Spending on Visa-issued crypto cards jumped 525% in 2025, rising from $14.6 million in January to $91.3 million by December, based on Dune Analytics data. The scale of that increase signals a clear reduction in onboarding and checkout friction that moved digital assets closer to routine payment behavior.
Activity was not evenly distributed across the category, with EtherFi’s Visa-backed card reaching $55.4 million in net spending and Cypher recording $20.5 million. The concentration suggests early demand clustered around a small number of high-volume integrations that captured most of the initial consumer flow.
What’s Actually Improving in the Payment Funnel
The pattern reads less like a single breakthrough and more like end-to-end refinement across the conversion and checkout path. The numbers point to cumulative product improvements that reduced drop-off points rather than a one-feature story.
Programs that convert crypto at the point of sale, support multiple currencies, and attach rewards saw outsized traction in the same period. By reducing steps per operation and decision points at the moment of payment, these designs make completion more likely when users are trying to check out quickly.

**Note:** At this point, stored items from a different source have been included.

//! Where a commit stopped.

/// The stage at which a commit failed.
#[derive(Clone, Copy)]
pub enum Stopped {
    /// The slot wasn't closed for sure, and nothing of the commit was written: what an earlier commit left open may still be open.
    Closing,
    /// The slot is closed, and wasn't opened since: the file opens as before.
    Filling,
    /// All is written, and the slot may stand open: the file opens as before or has what is new.
    Opening,
}
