//! What a store holds over a commit, on an honest disk. No code has to be run for it.

ghost use Rattle.store_sealing.specs.CellsLaws.{CommitsPassBy, SealedCellsAreHeld, SealedImagesStand, SealedPayloadsAreHeld};
ghost use Rattle.store_sealing.specs.CellsLaws.{StoppedCellsAreHeld, StoppedPayloadsAreHeld};
ghost use Rattle.store_sealing.specs.CellsWorked.{ACommitIsWritten, BothMayOccur, ChunksAreAsked};

use crate::sealing::images::{
    images_have_stood, laid_commits_stand, next_images, opening_images, unopened_images,
};
use crate::sealing::steps::{a_commit_is_ready, sealed_stores_are_kept};
use afl_outside::Disk;
use file_meaning::{an_array_is_stored_again, files_stand_for_one_database, sound_rows_are_stored};
use prepared_commits::{a_store_is_kept, found_files_are_over};
use store_state::opened_files_stand;

/// A store holds the next database's cells once a commit is sealed, and each image stands for it.
pub fn sealed_cells_are_held<D: Disk>()
    ensures cells { SealedCellsAreHeld D.moment }
    ensures images { SealedImagesStand D.moment }
{
    found_files_are_over();
    opened_files_stand();
    unopened_images();
    opening_images();
    next_images();
    laid_commits_stand();
    images_have_stood();
    sealed_stores_are_kept::<D>();
}

/// Where a commit stops it holds those of the database before it.
pub fn stopped_cells_are_held<D: Disk>()
    ensures { StoppedCellsAreHeld D.moment }
{
    found_files_are_over();
    opened_files_stand();
    unopened_images();
    opening_images();
    next_images();
    laid_commits_stand();
    images_have_stood();
}

/// Each image of a commit's moments stands for the database before it or after it, or for one that was in doubt.
pub fn commits_pass_by<D: Disk>()
    ensures { CommitsPassBy D.moment }
{
    found_files_are_over();
    opened_files_stand();
    unopened_images();
    opening_images();
    next_images();
    laid_commits_stand();
    images_have_stood();
}

/// Whatever its file stands for, each payload of an honest disk is whole over a commit that is sealed or stops, but for those that weren't
/// whole as the file was opened: their bytes stay.
pub fn payloads_are_held<D: Disk>()
    ensures is_sealed { SealedPayloadsAreHeld D.moment }
    ensures has_stopped { StoppedPayloadsAreHeld D.moment }
{}

/// There is a store over which a commit was written, as far as that its slot wasn't closed for sure.
pub fn a_commit_is_written()
    ensures { ACommitIsWritten }
{
    a_store_is_kept();
    a_commit_is_ready();
}

/// There is a store of which a change is asked that chunks come with.
pub fn chunks_are_asked()
    ensures { ChunksAreAsked }
{
    an_array_is_stored_again();
    files_stand_for_one_database();
    sound_rows_are_stored();
}

/// While a change is in doubt either of its images may occur.
pub fn both_may_occur()
    ensures { BothMayOccur }
{
    an_array_is_stored_again();
    files_stand_for_one_database();
}
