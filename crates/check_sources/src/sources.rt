//! Queries that read no other query: builds, literals, and stored arrays.

mod build;
mod stored;

pub use build::{build_call, meant};
pub use stored::{referred, scan_call};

From a product-engineering lens, the drivers are straightforward and highly repeatable: on-cart crypto conversion that removes manual off-ramping steps, rewards and cashbacks that reframe everyday spending value, multi-currency compatibility that reduces wallet switching, and staking or yield add-ons including programs that advertised SOL staking rewards. Taken together, these elements reduce touchpoints and lower perceived friction while preserving the familiar “card-rail” experience.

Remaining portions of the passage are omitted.